┌────────

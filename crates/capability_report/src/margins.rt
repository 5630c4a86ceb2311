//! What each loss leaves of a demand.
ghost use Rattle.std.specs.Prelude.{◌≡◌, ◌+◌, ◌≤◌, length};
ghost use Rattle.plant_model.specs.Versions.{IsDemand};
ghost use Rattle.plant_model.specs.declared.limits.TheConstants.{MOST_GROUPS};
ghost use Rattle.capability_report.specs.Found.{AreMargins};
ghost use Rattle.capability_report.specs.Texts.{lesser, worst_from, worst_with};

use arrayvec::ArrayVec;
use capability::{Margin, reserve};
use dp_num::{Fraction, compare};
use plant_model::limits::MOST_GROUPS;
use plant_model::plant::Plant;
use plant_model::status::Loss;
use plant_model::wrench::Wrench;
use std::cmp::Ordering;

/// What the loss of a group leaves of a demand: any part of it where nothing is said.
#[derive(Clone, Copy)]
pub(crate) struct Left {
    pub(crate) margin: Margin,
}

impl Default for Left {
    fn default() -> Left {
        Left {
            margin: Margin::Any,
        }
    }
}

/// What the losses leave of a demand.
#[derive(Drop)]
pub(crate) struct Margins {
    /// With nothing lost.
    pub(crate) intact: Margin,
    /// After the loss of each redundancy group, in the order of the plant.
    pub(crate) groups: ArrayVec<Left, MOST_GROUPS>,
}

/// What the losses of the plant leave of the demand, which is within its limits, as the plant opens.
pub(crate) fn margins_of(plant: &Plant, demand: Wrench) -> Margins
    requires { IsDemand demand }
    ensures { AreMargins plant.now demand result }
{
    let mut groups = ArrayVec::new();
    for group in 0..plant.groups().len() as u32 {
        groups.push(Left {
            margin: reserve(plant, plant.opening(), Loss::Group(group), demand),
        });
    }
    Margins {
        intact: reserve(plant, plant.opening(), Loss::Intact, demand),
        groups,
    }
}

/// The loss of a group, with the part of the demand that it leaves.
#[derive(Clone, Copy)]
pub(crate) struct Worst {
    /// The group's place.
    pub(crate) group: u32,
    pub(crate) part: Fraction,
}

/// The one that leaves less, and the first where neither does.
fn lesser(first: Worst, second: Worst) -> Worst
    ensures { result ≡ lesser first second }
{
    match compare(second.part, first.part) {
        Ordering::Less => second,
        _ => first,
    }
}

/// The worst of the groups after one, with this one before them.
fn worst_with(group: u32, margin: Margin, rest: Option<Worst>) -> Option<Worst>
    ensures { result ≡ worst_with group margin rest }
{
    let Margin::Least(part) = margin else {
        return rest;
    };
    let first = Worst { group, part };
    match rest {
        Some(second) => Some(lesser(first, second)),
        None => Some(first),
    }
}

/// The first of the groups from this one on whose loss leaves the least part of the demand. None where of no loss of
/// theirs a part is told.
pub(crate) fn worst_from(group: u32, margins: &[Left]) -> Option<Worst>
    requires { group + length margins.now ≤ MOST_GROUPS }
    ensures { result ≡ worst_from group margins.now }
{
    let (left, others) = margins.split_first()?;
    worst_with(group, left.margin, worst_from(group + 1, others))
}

└────────
┌────────

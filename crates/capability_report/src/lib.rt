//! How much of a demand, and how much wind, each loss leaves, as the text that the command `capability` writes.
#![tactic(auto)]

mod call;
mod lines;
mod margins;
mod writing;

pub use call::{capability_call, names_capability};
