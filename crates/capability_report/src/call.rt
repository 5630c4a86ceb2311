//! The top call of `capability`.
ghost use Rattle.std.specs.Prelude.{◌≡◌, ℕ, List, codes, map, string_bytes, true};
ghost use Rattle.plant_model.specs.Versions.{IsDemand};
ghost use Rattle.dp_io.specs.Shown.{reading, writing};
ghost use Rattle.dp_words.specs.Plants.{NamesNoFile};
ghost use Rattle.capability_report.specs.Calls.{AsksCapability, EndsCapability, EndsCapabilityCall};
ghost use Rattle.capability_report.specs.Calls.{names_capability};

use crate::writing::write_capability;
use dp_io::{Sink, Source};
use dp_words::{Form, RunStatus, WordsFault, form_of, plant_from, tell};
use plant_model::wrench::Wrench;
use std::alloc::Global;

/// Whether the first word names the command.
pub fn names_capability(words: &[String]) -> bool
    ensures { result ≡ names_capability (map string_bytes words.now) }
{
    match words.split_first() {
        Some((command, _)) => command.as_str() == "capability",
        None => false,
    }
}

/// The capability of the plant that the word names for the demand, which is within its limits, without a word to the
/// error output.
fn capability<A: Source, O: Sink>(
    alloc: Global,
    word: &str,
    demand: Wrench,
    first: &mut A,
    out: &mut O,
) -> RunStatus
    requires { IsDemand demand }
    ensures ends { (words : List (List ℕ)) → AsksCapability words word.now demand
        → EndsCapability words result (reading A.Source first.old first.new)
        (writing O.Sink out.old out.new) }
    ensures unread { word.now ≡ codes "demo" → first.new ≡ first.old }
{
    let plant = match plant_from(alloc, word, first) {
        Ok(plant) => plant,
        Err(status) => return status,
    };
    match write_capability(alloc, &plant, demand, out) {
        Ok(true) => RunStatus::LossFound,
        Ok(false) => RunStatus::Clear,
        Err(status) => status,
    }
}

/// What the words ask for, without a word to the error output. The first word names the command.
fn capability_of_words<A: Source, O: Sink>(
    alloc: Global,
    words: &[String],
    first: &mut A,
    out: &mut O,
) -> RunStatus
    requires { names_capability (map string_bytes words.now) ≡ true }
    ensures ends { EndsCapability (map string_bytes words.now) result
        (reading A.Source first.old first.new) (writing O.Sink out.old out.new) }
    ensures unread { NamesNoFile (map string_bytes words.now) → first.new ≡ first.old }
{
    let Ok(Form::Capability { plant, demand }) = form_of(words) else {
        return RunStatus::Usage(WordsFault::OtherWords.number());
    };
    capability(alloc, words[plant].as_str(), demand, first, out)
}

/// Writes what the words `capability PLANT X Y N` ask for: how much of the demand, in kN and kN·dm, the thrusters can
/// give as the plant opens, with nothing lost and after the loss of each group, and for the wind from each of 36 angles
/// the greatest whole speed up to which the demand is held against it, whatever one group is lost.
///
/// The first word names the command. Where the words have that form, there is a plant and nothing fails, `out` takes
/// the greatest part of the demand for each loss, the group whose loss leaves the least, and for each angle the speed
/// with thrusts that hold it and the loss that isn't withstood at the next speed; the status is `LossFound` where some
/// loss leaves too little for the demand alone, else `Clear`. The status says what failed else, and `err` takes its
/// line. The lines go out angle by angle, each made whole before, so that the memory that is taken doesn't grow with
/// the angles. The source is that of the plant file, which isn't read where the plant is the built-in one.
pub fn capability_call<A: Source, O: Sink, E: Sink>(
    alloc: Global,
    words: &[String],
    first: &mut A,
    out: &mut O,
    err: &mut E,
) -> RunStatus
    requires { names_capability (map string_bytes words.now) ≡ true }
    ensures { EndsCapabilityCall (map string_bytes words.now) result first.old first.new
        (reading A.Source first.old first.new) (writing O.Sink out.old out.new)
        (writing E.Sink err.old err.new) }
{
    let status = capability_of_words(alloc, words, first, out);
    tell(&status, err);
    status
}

└────────

**About this task**
From the entries, report each line that includes the word "RunStatus".

**Expected answer**
use dp_words::{Form, RunStatus, WordsFault, form_of, plant_from, tell};
) -> RunStatus
        Ok(true) => RunStatus::LossFound,
        Ok(false) => RunStatus::Clear,
) -> RunStatus
        return RunStatus::Usage(WordsFault::OtherWords.number());
) -> RunStatus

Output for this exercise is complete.